TASK DETAILS. Please retype the records that appear below, exactly and in full.

PROVIDED ENTRIES.
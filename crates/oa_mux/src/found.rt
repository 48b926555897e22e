//! The end of a record.
ghost use Rattle.std.specs.Prelude.{◌≡◌, ◌≤◌, ◌<◌, ◌+◌, ◌++◌, length, take, IfSome, IsNone};
ghost use Rattle.oa_mux.specs.Readers.{IsPartRecord};
ghost use Rattle.oa_mux.specs.promise.Readers.{said};
ghost use Rattle.oa_mux.specs.Steps.{FindsEnd};

use oa_frame::End;

/// The greatest number of bytes of a body.
const BODY_LIMIT: usize = oa_model::MAX_REQUEST_BYTES as usize;

/// The bytes that follow the part of a record that came before.
#[derive(Clone, Copy)]
pub(crate) enum Found {
    /// Not all of the rest.
    Part,
    /// The rest, of this many bytes.
    Whole(usize),
    /// After this many bytes, a length that ends the stream.
    Ends(End, usize),
}

/// Finds the end of the record that begins with `front` and continues with `bytes`; `front` is not
/// a whole record.
pub(crate) fn find(front: &[u8], bytes: &[u8]) -> Found
    requires part { IsPartRecord front.now }
    requires some { 0 < length bytes.now }
    ensures { FindsEnd result front.now bytes.now }
{
    match length_of(front, bytes) {
        None => Found::Part,
        Some(n) => find_of(n, front, bytes),
    }
}

/// Finds the end of a record whose body has `n` bytes. An invalid length ends the stream when its
/// fourth byte comes.
fn find_of(n: usize, front: &[u8], bytes: &[u8]) -> Found
    requires part { IsPartRecord front.now }
    requires some { 0 < length bytes.now }
    requires said { n ≡ said (front.now ++ bytes.now) }
    requires four { 4 ≤ length front.now + length bytes.now }
    ensures { FindsEnd result front.now bytes.now }
{
    if front.len() < 4 && n == 0 {
        return Found::Ends(End::Closed, 4 - front.len());
    }
    if front.len() < 4 && n > BODY_LIMIT {
        return Found::Ends(End::TooLong, 4 - front.len());
    }
    if bytes.len() < 4 + n - front.len() {
        Found::Part
    } else {
        Found::Whole(4 + n - front.len())
    }
}

/// Returns the length in bytes of a record's body, from its first four bytes; None if they have not
/// all come.
fn length_of(front: &[u8], bytes: &[u8]) -> Option<usize>
    ensures none { IsNone result → length front.now + length bytes.now < 4 }
    ensures some { IfSome result (λ n. (n ≡ said (front.now ++ bytes.now)) × (4 ≤ length front.now + length bytes.now)) }
{
    if let Some((head, _)) = front.split_first_chunk::<4>() {
        return Some(u32::from_le_bytes(*head) as usize);
    }
    let more = 4 - front.len();
    if bytes.len() < more {
        return None;
    }
    let mut head = [0u8; 4];
    head[..front.len()].copy_from_slice(front);
    head[front.len()..].copy_from_slice(&bytes[..more]);
    Some(u32::from_le_bytes(head) as usize)
}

RESPONSE TO THIS TASK.
filename crates/oa_mux/src/found.rt
repository 48b926555897e22e
//! The end of a record.
ghost use Rattle.std.specs.Prelude.{◌≡◌, ◌≤◌, ◌<◌, ◌+◌, ◌++◌, length, take, IfSome, IsNone};
ghost use Rattle.oa_mux.specs.Readers.{IsPartRecord};
ghost use Rattle.oa_mux.specs.promise.Readers.{said};
ghost use Rattle.oa_mux.specs.Steps.{FindsEnd};

use oa_frame::End;

/// The greatest number of bytes of a body.
const BODY_LIMIT: usize = oa_model::MAX_REQUEST_BYTES as usize;

/// The bytes that follow the part of a record that came before.
#[derive(Clone, Copy)]
pub(crate) enum Found {
    /// Not all of the rest.
    Part,
    /// The rest, of this many bytes.
    Whole(usize),
    /// After this many bytes, a length that ends the stream.
    Ends(End, usize),
}

/// Finds the end of the record that begins with `front` and continues with `bytes`; `front` is not
/// a whole record.
pub(crate) fn find(front: &[u8], bytes: &[u8]) -> Found
    requires part { IsPartRecord front.now }
    requires some { 0 < length bytes.now }
    ensures { FindsEnd result front.now bytes.now }
{
    match length_of(front, bytes) {
        None => Found::Part,
        Some(n) => find_of(n, front, bytes),
    }
}

/// Finds the end of a record whose body has `n` bytes. An invalid length ends the stream when its
/// fourth byte comes.
fn find_of(n: usize, front: &[u8], bytes: &[u8]) -> Found
    requires part { IsPartRecord front.now }
    requires some { 0 < length bytes.now }
    requires said { n ≡ said (front.now ++ bytes.now) }
    requires four { 4 ≤ length front.now + length bytes.now }
    ensures { FindsEnd result front.now bytes.now }
{
    if front.len() < 4 && n == 0 {
        return Found::Ends(End::Closed, 4 - front.len());
    }
    if front.len() < 4 && n > BODY_LIMIT {
        return Found::Ends(End::TooLong, 4 - front.len());
    }
    if bytes.len() < 4 + n - front.len() {
        Found::Part
    } else {
        Found::Whole(4 + n - front.len())
    }
}

/// Returns the length in bytes of a record's body, from its first four bytes; None if they have not
/// all come.
fn length_of(front: &[u8], bytes: &[u8]) -> Option<usize>
    ensures none { IsNone result → length front.now + length bytes.now < 4 }
    ensures some { IfSome result (λ n. (n ≡ said (front.now ++ bytes.now)) × (4 ≤ length front.now + length bytes.now)) }
{
    if let Some((head, _)) = front.split_first_chunk::<4>() {
        return Some(u32::from_le_bytes(*head) as usize);
    }
    let more = 4 - front.len();
    if bytes.len() < more {
        return None;
    }
    let mut head = [0u8; 4];
    head[..front.len()].copy_from_slice(front);
    head[front.len()..].copy_from_slice(&bytes[..more]);
    Some(u32::from_le_bytes(head) as usize)
}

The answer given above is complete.